I opened my mouth to speak but nothing came out. My breath left me in a rush. My whole body trembled. Human beings didn’t move like that. Humans didn’t fly. Humans didn’t land on the back of moving cars and stay there. I was either losing my mind or he wasn’t human.

Or both.

Bile rose up my throat. I climbed up on my knees and peered up at him, but his eyes were locked on the sky. He leaned forward and three crystal necklaces popped out the top of his white shirt. My eyes widened. Wait a second. THREE necklaces.

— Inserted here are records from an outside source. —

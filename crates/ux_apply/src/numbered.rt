//! What is asked once for each different token of a text, in the order of their numbers.

ghost use Rattle.std.specs.Prelude.{◌<◌, All, IfOk, IfSome, IsSomeAnd, length, slice_get};
ghost use Rattle.std.specs.List.{AllZip};
ghost use Rattle.ux_dela.specs.Sound.{IsSound};
ghost use Rattle.ux_tokens.specs.Numbers.{different_texts};
ghost use Rattle.ux_apply.specs.Applying.{AreApplying, contents};
ghost use Rattle.ux_apply.specs.Kept.{HasText, IsStart, IsWordNumber};

use crate::applying::applying_there;
use crate::cursors::{may_go_on, reach};
use crate::priority::Priority;
use crate::starts::{Start, start_there};
use std::alloc::Global;
use ux_alphabet::Alphabet;
use ux_base::Mem;
use ux_dela::Entry;
use ux_lexical_tables::Words;
use ux_lexicon::Lexicon;
use ux_tokens::Text;
use ux_tokens::kind::Kind;

/// What the dictionaries have for the different tokens of a text, by their numbers.
#[derive(Drop)]
pub(crate) struct Asked {
    /// The entries that apply to each.
    pub(crate) entries: Vec<Vec<Entry>>,
    /// How spans with entries may begin with each.
    pub(crate) starts: Vec<Start>,
}

/// What the dictionaries have for one token.
#[derive(Drop)]
struct Answer {
    entries: Vec<Entry>,
    start: Start,
}

/// The places where the different tokens first appear.
pub(crate) fn first_places(alloc: Global, text: &Text) -> Mem<Vec<usize>>
    ensures { IfOk result (λ places.
        AllZip (HasText text.now) (different_texts text.now) places.items) }
{
    let mut places = Vec::new(alloc);
    for place in 0..text.len() {
        let number = text.number(place);
        if places.len() <= number as usize {
            places.push(place)?;
        }
    }
    Ok(places)
}

/// What the dictionaries have for each different token. Asks them once for each.
pub(crate) fn ask_each<L: Lexicon>(
    alloc: Global,
    text: &Text,
    places: &[usize],
    alphabet: &Alphabet,
    dics: &[(Priority, L)],
) -> Mem<Asked>
    requires { AllZip (HasText text.now) (different_texts text.now) places.now }
    ensures applying { IfOk result (λ asked. AllZip
        (λ text row. AreApplying alphabet.now (contents L.content dics.now) text row.items)
        (different_texts text.now) asked.entries.items) }
    ensures sound { IfOk result (λ asked. All (λ row. All IsSound row.items) asked.entries.items) }
    ensures starts { IfOk result (λ asked. AllZip
        (IsStart alphabet.now (contents L.content dics.now)) (different_texts text.now)
        asked.starts.items) }
{
    let mut entries = Vec::new(alloc);
    let mut starts = Vec::new(alloc);
    for place in places {
        let answer = ask(alloc, text.token(*place), alphabet, dics)?;
        entries.push(answer.entries)?;
        starts.push(answer.start)?;
    }
    Ok(Asked { entries, starts })
}

/// What the dictionaries have for a token of this text. Goes along each of them once.
fn ask<L: Lexicon>(
    alloc: Global,
    token: &str,
    alphabet: &Alphabet,
    dics: &[(Priority, L)],
) -> Mem<Answer>
    ensures applying { IfOk result (λ answer. AreApplying alphabet.now
        (contents L.content dics.now) token.now answer.entries.items) }
    ensures sound { IfOk result (λ answer. All IsSound answer.entries.items) }
    ensures start { IfOk result (λ answer.
        IsStart alphabet.now (contents L.content dics.now) token.now answer.start) }
{
    let cursors = reach(alloc, token, alphabet, dics)?;
    if !may_go_on(&cursors) {
        return Ok(Answer {
            entries: Vec::new(alloc),
            start: Start::Never,
        });
    }
    let entries = applying_there(alloc, &cursors, token, alphabet)?;
    let start = start_there(alloc, &cursors, alphabet)?;
    Ok(Answer { entries, start })
}

/// The number of each token that is a word.
pub(crate) fn word_numbers(alloc: Global, text: &Text) -> Mem<Words>
    ensures { IfOk result (λ words. AllZip (IsWordNumber text.now) text.now words) }
{
    let mut words = Words::new(alloc);
    for place in 0..text.len() {
        words.push(word_number(text, place))?;
    }
    Ok(words)
}

/// The number of the token at the place, if it is a word.
fn word_number(text: &Text, place: usize) -> Option<u32>
    requires { place < length text.now }
    ensures number { IsSomeAnd (slice_get text.now place)
        (λ token. IsWordNumber text.now token result) }
    ensures below { IfSome result (λ number. number < length (different_texts text.now)) }
{
    match text.kind(place) {
        Kind::Word => Some(text.number(place)),
        Kind::Space | Kind::Other | Kind::Sentence | Kind::Stop | Kind::Tag => None,
    }
}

He had four before. No, no, no, no, no. That can’t be. I had to have made it up. Lilian must have been behind that.

I whined.

“You okay, bro?” Tallulah leaned closer. “What are you looking at?”

“You don’t see him ?” I flinched and spun to stare at her. “Please tell me you can see him,” I whispered, nodding my head toward him.

“No.” Her face paled. She shook her head. “We have to tell your mom now.”

I looked out the back window . . . and he was gone.